- Born: 17 June 1935 Andover, Hampshire, England
- Died: 7 August 2025 (aged 90) Thorndon, Suffolk, England
- Occupation: Children's author; Illustrator;

= Antony Maitland =

British author and illustrator (1935–2025)

Antony Jasper Maitland (17 June 1935 – 7 August 2025) was a British children's author and illustrator active from the 1960s to early 1980s. During his career, Maitland drew for eleven Leon Garfield books and four books by Ruth Ainsworth. For his drawings, Maitland won the 1961 Kate Greenaway Medal for Mrs. Cockle's Cat and was nominated for the same award in 1972 for The Ghost Downstairs. With his own books, Maitland premiered with The Secret of the Shed in 1962 before releasing two additional books in the 1950s. Subsequent books by Maitland were Idle Jack in 1977 and Encore in 1984. Outside of literature, Maitland has worked in design throughout Europe and the Middle East.

==Early life and education==
Maitland was born on 17 June 1935 in Andover, Hampshire, to Percy Eric Maitland (26 October 1895-22 August 1985), a senior RAF officer and pioneer of aerial archaeology, and his wife Alison Mary née Kettlewell (15 September 1904-1999). Growing up, Maitland lived in Germany and East Asia. For his post-secondary education, Maitland graduated from a design course at the West of England College of Art in 1957.

==Career==
After British Army national service as an intelligence officer from 1956 to 1958, Maitland toured Europe and the Middle East. In his early career, Maitland planned and created book jackets before he became a children's book illustrator. Maitland's illustrations first appeared in Philippa Pearce's 1961 book titled Mrs. Cockle's Cat. Throughout the 1960s to early 1980s, Maitland's drew for various authors. His drawing appearances during this time period included ten Leon Garfield books, one Garfield book co-written with David Proctor and four Ruth Ainsworth books.
His original cover illustration for The Giant Under the Snow by John Gordon (author) is now in the Seven Stories collection at the National Centre for Children's Books, Newcastle upon Tyne. In 1974, Maitland's drawings were displayed in a store at Hanover Square, London.

For his own works, Maitland provided the illustrations for his four books from the early 1960s to the late 1970s. After the release of The Secret of the Shed in 1962, Maitland published two more books in the early 1960s before returning to writing with Idle Jack in 1977. In 1984, Maitland released a movable book about the theatre titled Encore.

Apart from illustrations, Maitland worked in various design fields such as furniture design, graphic design and interior design. In entertainment, Maitland was a costume designer and set designer for an unreleased movie adaptation of The Goose Girl by the Brothers Grimm. In Europe, Maitland worked for the National Portrait Gallery and the Chamber of Horrors as part of Madame Tussauds. For the Middle East, Maitland had experience as an architect and muralist while also working as a portrait painter for the Shah of Iran.

==Death==
Maitland died from cancer at his home in Thorndon, Suffolk, on 7 August 2025, at the age of 90.

==Designs and themes==
Maitland took a special interest in lettering to help convey period and mood. With his drawings, Maitland used his early memories and incorporated them into a child's perspective. To create his illustrations, Maitland used line art before applying a wash to them. In Stories by Shakespeare, Maitland used watercolours in his drawings for Geraldine McCaughrean's 1995 book.

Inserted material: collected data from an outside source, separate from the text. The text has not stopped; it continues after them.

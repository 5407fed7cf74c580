//! The steps of the host in a run (docs/HOST.md, "Steps").
ghost use Rattle.std.specs.Prelude.{◌≡◌, ◌<◌, ◌≤◌, None, true, false, length, nat_eq, Some, vec_capacity};
ghost use Rattle.ebc_width.specs.Width.{IsWidth};
ghost use Rattle.note_types.specs.Records.{IsNotes};
ghost use Rattle.host_model.specs.HostPlans.{function_params, is_due};
ghost use Rattle.host_model.specs.HostSteps.{call_under_way, host_step};
ghost use Rattle.host_model.specs.Placements.{frame_limit, own_placement};
ghost use Rattle.host_model.specs.Progress.{NoCall};
ghost use Rattle.host_model.specs.RunState.{RunState};
ghost use Rattle.host_model.specs.World.{World};
ghost use Rattle.native_host.specs.Hosts.{HasRoom, IsCalled};
ghost use Rattle.native_host.specs.Kept.{IsOf};
ghost use Rattle.native_host.specs.Steps.{OnEnter, taken};
ghost use Rattle.twin_run.specs.Runner.{IsAt, IsReady};

use crate::entering::argument_numbers;
use crate::runner::{AskedCall, Runner};
use entry_thunk::leave;
use native_host::HostStep;
use note_types::{Ending, Notes, Script};

impl<const W: usize> Runner<W> {
    // The function of the top frame has returned: the frame is left, and the run is finished where it was the first one.
    pub(crate) fn leave_function(&mut self, notes: &Notes)
        requires width { IsWidth W }
        requires notes { IsOf W notes.now self.old.host.places }
        requires room { HasRoom self.old.host 1 }
        requires inside { 0 < length self.old.frames }
        ensures at { (world : World) (r : RunState) → world.notes ≡ notes.now → nat_eq r.machine.ip r.machine.gate ≡ true →
            IsAt W world self.old r → IsAt W world self.new (host_step W world (own_placement W world) r) }
        ensures capacity { vec_capacity self.old.host.trace ≤ vec_capacity self.new.host.trace }
    {
        let Some(left) = leave(&mut self.machine, &mut self.frames) else {
            unreachable!();
        };
        self.asked = None;
        if left.notified {
            let _ = self.host.resumed(notes, left.func, left.r7);
        } else if self.frames.depth() == 0 {
            self.ending = Ending::Finished(self.host.result_of(notes, left.func, left.r7));
        } else {
            let _ = self.host.returned(notes, left.func, left.r7);
        }
    }

    // A native call is asked for.
    pub(crate) fn call(&mut self, notes: &Notes, script: &Script, asked: AskedCall)
        requires width { IsWidth W }
        requires ready { IsReady W notes.now script.now self.old }
        requires asked { self.old.asked ≡ Some asked }
        ensures at { (world : World) (r : RunState) → world.notes ≡ notes.now → world.script ≡ script.now →
            nat_eq r.machine.ip r.machine.gate ≡ false → IsAt W world self.old r →
            IsAt W world self.new (host_step W world (own_placement W world) r) }
        ensures capacity { vec_capacity self.old.host.trace ≤ vec_capacity self.new.host.trace }
    {
        let r0 = self.machine.regs[0];
        match self.host.call(
            notes,
            script,
            &mut self.mem,
            &mut self.frames,
            r0,
            asked.place,
            asked.target,
        ) {
            HostStep::Accepted => self.asked = None,
            ended => self.take(notes, ended, false),
        }
    }

    // A native call that was accepted goes on.
    pub(crate) fn next(&mut self, notes: &Notes, script: &Script)
        requires width { IsWidth W }
        requires ready { IsReady W notes.now script.now self.old }
        requires asked { self.old.asked ≡ None }
        requires called { IsCalled self.old.frames }
        ensures at { (world : World) (r : RunState) → world.notes ≡ notes.now → world.script ≡ script.now →
            nat_eq r.machine.ip r.machine.gate ≡ false → IsAt W world self.old r →
            IsAt W world self.new (host_step W world (own_placement W world) r) }
        ensures capacity { vec_capacity self.old.host.trace ≤ vec_capacity self.new.host.trace }
    {
        let step = self
            .host
            .next(notes, script, &mut self.mem, &mut self.frames);
        self.take(notes, step, false);
    }

    // A notification is due.
    pub(crate) fn notify(&mut self, notes: &Notes, script: &Script)
        requires width { IsWidth W }
        requires ready { IsReady W notes.now script.now self.old }
        requires asked { self.old.asked ≡ None }
        ensures at { (world : World) (r : RunState) → world.notes ≡ notes.now → world.script ≡ script.now →
            nat_eq r.machine.ip r.machine.gate ≡ false → call_under_way r.hosts ≡ NoCall → is_due world.script r.script ≡ true →
            IsAt W world self.old r → IsAt W world self.new (host_step W world (own_placement W world) r) }
        ensures capacity { vec_capacity self.old.host.trace ≤ vec_capacity self.new.host.trace }
    {
        let step = self.host.notification(notes, script, &self.frames);
        self.take(notes, step, true);
    }

    // Takes what a step of the host comes to: a function is entered, as a notification or not, a call gets its reply, or the run
    // ends.
    fn take(&mut self, notes: &Notes, step: HostStep, notified: bool)
        requires width { IsWidth W }
        requires notes { IsNotes notes.now }
        requires kept { IsOf W notes.now self.old.host.places }
        requires entered { OnEnter step (λ func args.
            (func < length notes.now.function) × (length args ≡ length (function_params notes.now func)) ×
            (length self.old.frames < frame_limit) × (self.old.asked ≡ None)) }
        ensures at { (world : World) (r : RunState) → world.notes ≡ notes.now → IsAt W world self.old r →
            IsAt W world self.new (taken notified W world (own_placement W world) r step) }
        ensures host { self.new.host ≡ self.old.host }
    {
        match step {
            HostStep::Accepted => {}
            HostStep::Enter { func, args } => {
                let numbers = argument_numbers(&self.host, &args);
                self.enter(notes, func, numbers.as_slice(), notified);
            }
            HostStep::Reply(number) => self.machine.regs[7] = number,
            HostStep::Mismatch(reason) => self.ending = Ending::Mismatch(reason),
            HostStep::ScriptEnd => self.ending = Ending::ScriptEnd,
            HostStep::Raised(exception) => self.ending = Ending::Raised(exception),
        }
    }
}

==Adaptations and awards==
In 2011, Idle Jack was performed as a charity musical in North Muskham. The proceeds from the Maitland adaptation went to Save the Children. For his illustrations in Mrs. Cockle's Cat, Maitland received the 1961 Kate Greenaway Medal. In 1972, Maitland was nominated for the same award for his drawings in Garfield's book The Ghost Downstairs.